Wow, how many falicies or errors in one message.
"Like cable TV" - OK, you can suck anything you want off the internet - only one catch, no uploading! You can't ask for anything in particular. You only get what somebody else decided to send and exactly the same thing your neighbor gets.
"number of miles" About 1/3 or more of the price I pay for gasoline is taxes. More miles equals more gasoline equals more taxes. We all do pay by the mile for road use.
Pipe vs. water. I'll hook up a real nice, fat data pipe to your house for a small, one-time fee. However, if you happen to want data to flow through that pipe, its going to cost you extra.
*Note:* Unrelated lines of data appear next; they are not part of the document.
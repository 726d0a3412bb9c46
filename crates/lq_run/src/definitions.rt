//! Definitions, where an assignment finds and changes them.
ghost use Rattle.std.specs.Prelude.{◌≡◌};
ghost use Rattle.lq_value.specs.Tables.{first_named};
ghost use Rattle.lq_run.specs.States.{with_value};

use lq_machine::{Defined, Definition};
use lq_value::Scalar;

/// The place of the first definition of this name.
pub(crate) fn place_of(definitions: &[Definition], name: &str) -> Option<usize>
    ensures { result ≡ first_named (λ d. d.name) name.now definitions.now }
{
    for (place, definition) in definitions.iter().enumerate() {
        if definition.name.as_str() == name {
            return Some(place);
        }
    }
    None
}

/// Gives a variable another value; a named query stays.
pub(crate) fn renew(definition: &mut Definition, value: Scalar)
    ensures { definition.new ≡ with_value value definition.old }
{
    if let Defined::Variable(_, old) = &mut definition.defined {
        *old = value;
    }
}
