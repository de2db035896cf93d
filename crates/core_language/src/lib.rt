//! The core of Rust as a language of its own, and the laws that the grammar reads it as what it is.
//!
//! It holds definitions and what is proved of them.
#![tactic(auto)]

pub mod laws;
The dotcom crash happened because nobody actually had a way to make money. The ISP's are just on the tail end of that. They have some revenue stream but nothing to tie income to costs. You'd better be ready to start paying for what you get.
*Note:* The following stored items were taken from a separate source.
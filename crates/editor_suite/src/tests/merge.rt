//! Merges of editors of one tree.
use crate::tests::doing::show;
use crate::tests::tree::{Tree, root};
use std::alloc::Global;
use std::test::Fail;
use syntax_editor::{SyntaxEditor, Unmerged};
use syntax_tree::{SyntaxNode, TreeIds};

/// Returns an editor of the tree of `root` that deletes the child at index `child`.
fn deleting(
    alloc: Global,
    root: &SyntaxNode,
    child: usize,
    ids: &mut TreeIds,
) -> Result<SyntaxEditor, Fail> {
    let Some(element) = root.element_at(alloc, &[child])? else {
        return Err(Fail::new("no such child"));
    };
    let (mut editor, _root) = SyntaxEditor::new(alloc, root.clone()?, ids)?;
    editor.delete(alloc, &element)?;
    Ok(editor)
}

/// Returns an editor of a new tree that deletes the child at index `child`.
fn deleting_in(
    alloc: Global,
    tree: Tree,
    child: usize,
    ids: &mut TreeIds,
) -> Result<SyntaxEditor, Fail> {
    let root = root(alloc, tree, ids)?;
    deleting(alloc, &root, child, ids)
}

/// Finishes the editor; returns the new text with the ranges that changed, or the error.
pub(crate) fn finished(
    alloc: Global,
    editor: SyntaxEditor,
    ids: &mut TreeIds,
) -> Result<String, Fail> {
    let mut out = String::new(alloc);
    match editor.finish(alloc, ids) {
        Ok(edit) => show(alloc, &mut out, &edit)?,
        Err(error) => out = format!(in alloc; "{error}")?,
    }
    Ok(out)
}

/// Merges two editors that delete one child each, and returns the outcome.
pub(crate) fn merged(alloc: Global, one: usize, other: usize) -> Result<String, Fail> {
    let mut ids = TreeIds::new();
    let root = root(alloc, Tree::Args, &mut ids)?;
    let first = deleting(alloc, &root, one, &mut ids)?;
    let second = deleting(alloc, &root, other, &mut ids)?;
    put_together(alloc, first, second, &mut ids)
}

fn put_together(
    alloc: Global,
    mut first: SyntaxEditor,
    second: SyntaxEditor,
    ids: &mut TreeIds,
) -> Result<String, Fail> {
    match first.merge(second) {
        Ok(()) => finished(alloc, first, ids),
        Err(unmerged) => Ok(format!(in alloc; "{}", unmerged.error)?),
    }
}

/// Returns the error of merging editors of two trees with the same number, and the outcome of each.
pub(crate) fn unmerged(alloc: Global) -> Result<String, Fail> {
    let mut ids = TreeIds::new();
    let mut others = TreeIds::new();
    let mut first = deleting_in(alloc, Tree::Args, 1, &mut ids)?;
    let second = deleting_in(alloc, Tree::Lines, 0, &mut others)?;
    match first.merge(second) {
        Ok(()) => Err(Fail::new("merged")),
        Err(unmerged) => show_both(alloc, (first, &mut ids), (unmerged, &mut others)),
    }
}

/// Returns the error of a failed merge, and the outcome of each editor.
fn show_both(
    alloc: Global,
    (first, ids): (SyntaxEditor, &mut TreeIds),
    (unmerged, others): (Unmerged, &mut TreeIds),
) -> Result<String, Fail> {
    let mut out = format!(in alloc; "{}", unmerged.error)?;
    show_finished(alloc, &mut out, first, ids)?;
    show_finished(alloc, &mut out, unmerged.editor, others)?;
    Ok(out)
}

/// Appends the outcome of an editor.
fn show_finished(
    alloc: Global,
    out: &mut String,
    editor: SyntaxEditor,
    ids: &mut TreeIds,
) -> Result<(), Fail> {
    let text = finished(alloc, editor, ids)?;
    out.push_str("; ")?;
    Ok(out.push_str(text.as_str())?)
}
Profanity - The sign of a small mind trying to express itself.
Not for nothing, but if Comcrap, now that they are a complete monopoly, start capping anything (They already throttle news to 1 gig/month in my area) then they better provide software to stop FRIGGEN BANNER ADS, flash ads and ANY piece of spam from hitting my computer. Period. They want to cap stuff? Fine. I don't want to pay for things I didn't order.
refusing all non TCP packets addressed to customer's machines and all incoming TCP connections
Even doing something like blocking SYNs is not enough. You have to actually statefully track all connections. Otherwise, I can just send you tons of large TCP packets that appear to be part of an existing connection, but actually aren't. Even then, malicious hosts could "accidentally lose" your ACKs and keep retransmitting the same packet for days. I guess some will say that you could sue the host sending you packets, but what do you do if it's some 0wned PC in Korea?
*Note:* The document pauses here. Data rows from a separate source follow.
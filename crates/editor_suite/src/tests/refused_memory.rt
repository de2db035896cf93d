//! Repeats calls whose allocation failed: a call that returns an error leaves the editor unchanged.
//! `bench/refused.py` runs this with each allocation failing in turn.
ghost use Rattle.std.specs.Prelude.{◌≡◌, [], IfSome};

use parser_input::SyntaxKind;
use rowan_green::{GreenNode, GreenNodeBuilder, GreenToken};
use std::alloc::Global;
use std::test::Fail;
use syntax_editor::{SyntaxEdit, SyntaxEditor};
use syntax_tree::{Position, SyntaxElement, SyntaxNode, SyntaxToken, TreeIds};

const TOKENS: &[(SyntaxKind, &str)] = &[
    (SyntaxKind::L_PAREN, "("),
    (SyntaxKind::INT_NUMBER, "1"),
    (SyntaxKind::COMMA, ","),
    (SyntaxKind::WHITESPACE, " "),
    (SyntaxKind::INT_NUMBER, "2"),
    (SyntaxKind::R_PAREN, ")"),
];

fn raw(kind: SyntaxKind) -> rowan_green::SyntaxKind {
    rowan_green::SyntaxKind(kind.to_raw())
}

fn green(alloc: Global) -> Option<GreenNode> {
    let mut builder = GreenNodeBuilder::new(alloc);
    builder.start_node(raw(SyntaxKind::ARG_LIST)).ok()?;
    for (kind, text) in TOKENS {
        builder.token(raw(*kind), text).ok()?;
    }
    builder.finish_node().ok()?;
    builder.finish().ok()
}

/// Returns the root of `(1, 2)`, which is one node.
fn root(alloc: Global, ids: &mut TreeIds) -> Option<SyntaxNode>
    ensures { IfSome result (λ r. r.place.up ≡ []) }
{
    SyntaxNode::new_root(alloc, green(alloc)?, ids).ok()
}

/// Returns the token to insert.
fn token(alloc: Global, ids: &mut TreeIds) -> Option<SyntaxElement> {
    let green = GreenToken::new(alloc, raw(SyntaxKind::INT_NUMBER), "3").ok()?;
    let token = SyntaxToken::detached(alloc, green, ids).ok()?;
    Some(SyntaxElement::Token(token))
}

/// Returns the gap after the last token.
fn end(editor: &SyntaxEditor) -> Option<Position> {
    let parent = editor.root().clone().ok()?;
    Some(Position { parent, index: 6 })
}

/// Returns `true` if the child at index `child` is deleted, by a call that is repeated once if it
/// fails.
fn deletes(alloc: Global, editor: &mut SyntaxEditor, child: usize) -> Option<bool> {
    let old = editor.root().element_at(alloc, &[child]).ok()??;
    Some(editor.delete(alloc, &old).is_ok() || editor.delete(alloc, &old).is_ok())
}

fn replaces(
    alloc: Global,
    editor: &mut SyntaxEditor,
    child: usize,
    new: &SyntaxElement,
) -> Option<bool> {
    let old = editor.root().element_at(alloc, &[child]).ok()??;
    Some(editor.replace(alloc, &old, new).is_ok() || editor.replace(alloc, &old, new).is_ok())
}

fn inserts(alloc: Global, editor: &mut SyntaxEditor, new: &SyntaxElement) -> Option<bool> {
    let place = end(editor)?;
    let again = end(editor)?;
    let is_done = editor.insert(alloc, place, new).is_ok();
    Some(is_done || editor.insert(alloc, again, new).is_ok())
}

/// Returns `true` if the first number is deleted, the second replaced, and a third inserted at the
/// end, each by a call that is repeated once if it fails; `None` if another allocation failed.
fn recorded(alloc: Global, editor: &mut SyntaxEditor, new: &SyntaxElement) -> Option<bool> {
    let deleted = deletes(alloc, editor, 1)?;
    let replaced = replaces(alloc, editor, 4, new)?;
    let inserted = inserts(alloc, editor, new)?;
    Some(deleted & replaced & inserted)
}

/// Returns the edit of `(1, 2)`, and whether all changes were recorded; `None` if an allocation
/// failed outside the recording calls.
fn edited(alloc: Global) -> Option<(SyntaxEdit, bool)> {
    let mut ids = TreeIds::new();
    let root = root(alloc, &mut ids)?;
    let new = token(alloc, &mut ids)?;
    let mut editor = SyntaxEditor::of_root(alloc, root);
    let is_recorded = recorded(alloc, &mut editor, &new)?;
    let edit = editor.finish(alloc, &mut ids).ok()?;
    Some((edit, is_recorded))
}

/// Returns `true` if `(1, 2)` becomes `(, 3)3`; `None` if an allocation failed outside the
/// recording calls.
fn is_edited(alloc: Global) -> Option<bool> {
    let (edit, is_recorded) = edited(alloc)?;
    let text = edit.new_root().cursor().text().ok()?;
    Some(is_recorded & text.eq_str("(, 3)3"))
}

#[test]
fn refused_calls_leave_the_editor(rt: HostRuntime) -> Result<(), Fail> {
    let is_edited = match is_edited(rt.alloc()) {
        Some(answer) => answer,
        None => is_edited(rt.alloc()) == Some(true),
    };
    assert!(rt; is_edited);
    Ok(())
}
Also, what if the ISP loses my ACK, forcing the other end to retransmit? Why should I be charged for that?
The core of the problem here, and the reason there is so much potential for abuse, is that the ISPs are considering charging the recipient of a packet, when the recipient has no control over how many packets may be sent to him.
And what other provider should I choose? That other Cable company that is not in my area? That DSL provider that refuses to service my area? These providers are government sanctioned monopolies. That is way they can change what they want when they want, for the most part you DO NOT have a choice. They also conspire between each other to offer similar services and pricing structures. I do have the option of dialup but this is not in the same playing field.
Bad boys rape our young girls but Violet gives willingly.
Nope. In central Maryland (Howard County) there is one cable provider (Comcast) and no DSL (too far from the telco). Satellite is laggy and generally not Mac compatible. So what do you recommend?
One addition to this... violate my privacy a bit and take note of what I'm requesting to download. If I want an ISO image from Red Hat, and my 19 of my neighbors wants the exact same thing... cut your external bandwidth by 95% by making only one download from the Red Hat server, and the multicast that out to all 20 of us. Much more efficient usage of the network for all involved.
Unless you consider "move" a choice, which believe it or not is exactly what I was once told by my cable company (before they were bought by TCI, later bought by AT&T). They had the nerve to tell me to my face that they don't have a monopoly on cable TV because I am free to move! With this attitude, is it any surprise they will cap downloads? It's simple math: Those who use the most have the least option to switch, so they're the most likely to pay whatever you charge. Those who use the least could always go back to dialup Juno for email, so you have to treat them nice.
If all this should have a reason, we would be the last to know.
If they do it with a "download agent", then you'll only be able to use their network with Windows. Think this one through again.
I think we've pushed this "anyone can grow up to be president" thing too far.